Work item » Return the lines below exactly as they appear, please, starting with the first and ending with the one that contains "at its place.".

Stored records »

——————————

//! Why a script isn't played to its end.
ghost use Rattle.std.specs.Prelude.{◌≡◌};
ghost use Rattle.simulator.specs.Statuses.{line_at, status_at};

use ballot::Memory;
use thiserror::Error;

/// Why a script isn't played to its end. Its text is what the program reports on standard error.
#[derive(Clone, Copy, Debug, PartialEq, Eq, Error)]
pub(crate) enum Fault {
    /// The line of this number, counted from 1, is none of the language, or may not come at its place.
    #[error("script line {0}")]
    Line(u64),
    #[error("no memory")]
    Memory,
    #[error("read failed")]
    Read,
    #[error("write failed")]
    Write,
}

impl From<Memory> for Fault {
    ghost use Rattle.std.specs.Prelude.{◌≡◌};
    ghost use Rattle.simulator.specs.declared.fault.Fault.TheVariants as fault;

    ghost from_gives = { λ _ f. f ≡ fault.Memory };

    fn from(_error: Memory) -> Fault {
        Self::Memory
    }
}

impl Fault {
    /// The exit status: 2 for a line of the script, 1 for a fault of memory, reading or writing.
    pub(crate) fn status(self) -> u8
        ensures { result ≡ status_at self }
    {
        match self {
            Fault::Line(_) => 2,
            Fault::Memory | Fault::Read | Fault::Write => 1,
        }
    }

    /// The number of the line at fault, if one is.
    pub(crate) fn line(self) -> Option<u64>
        ensures { result ≡ line_at self }
    {
        match self {
            Fault::Line(number) => Some(number),
            Fault::Memory | Fault::Read | Fault::Write => None,
        }
    }
}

——————————

Response »
//! Why a script isn't played to its end.
ghost use Rattle.std.specs.Prelude.{◌≡◌};
ghost use Rattle.simulator.specs.Statuses.{line_at, status_at};

use ballot::Memory;
use thiserror::Error;

/// Why a script isn't played to its end. Its text is what the program reports on standard error.
#[derive(Clone, Copy, Debug, PartialEq, Eq, Error)]
pub(crate) enum Fault {
    /// The line of this number, counted from 1, is none of the language, or may not come at its place.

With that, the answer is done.